*TASK DETAILS*: Up to and including the line that contains "#[derive(Drop)]", repeat each line of the data exactly, starting from the first.

*Records contained in a dataset*:

━━━━━━━━

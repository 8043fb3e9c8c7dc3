//! A source that keeps what was read of it, for a second look.
ghost use Rattle.std.specs.Prelude.{◌≡◌};

use slate_store::{ReadFault, Source};
use std::alloc::Global;

/// A source, and the bytes that were read of it, while memory suffices for them.
#[derive(Drop)]
pub(crate) struct Kept<S> {
    source: S,
    bytes: Option<Vec<u8>>,
}

impl<S: Source> Kept<S> {
    /// This source, of which nothing was read.
    pub(crate) fn new(alloc: Global, source: S) -> Kept<S> {
        Kept {
            source,
            bytes: Some(Vec::new(alloc)),
        }
    }

    // Keeps bytes that were read, or lets all go where memory runs out.
    fn keep(&mut self, read: &[u8])
        ensures { self.new.source ≡ self.old.source }
    {
        let fits = match &mut self.bytes {
            Some(bytes) => bytes.extend_from_slice(read).is_ok(),
            None => true,
        };
        if !fits {
            self.bytes = None;
        }
    }
}

impl<S: Source + Drop> Kept<S> {
    /// The bytes that were read, none of them where memory ran out.
    pub(crate) fn into_bytes(self, alloc: Global) -> Vec<u8> {
        let Kept {
            source: _source,
            bytes,
        } = self;
        match bytes {
            Some(bytes) => bytes,
            None => Vec::new(alloc),
        }
    }
}

impl<S: Source> Source for Kept<S> {
    ghost left = { λ k. S.left k.source };

    ghost faults = { λ k. S.faults k.source };

    fn read(&mut self, buf: &mut [u8]) -> Result<usize, ReadFault> {
        let count = self.source.read(buf)?;
        self.keep(&buf[..count]);
        Ok(count)
    }
}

━━━━━━━━

*FINISHED EXERCISE*:
repository 8043fb3e9c8c7dc3
//! A source that keeps what was read of it, for a second look.
ghost use Rattle.std.specs.Prelude.{◌≡◌};

use slate_store::{ReadFault, Source};
use std::alloc::Global;

/// A source, and the bytes that were read of it, while memory suffices for them.
#[derive(Drop)]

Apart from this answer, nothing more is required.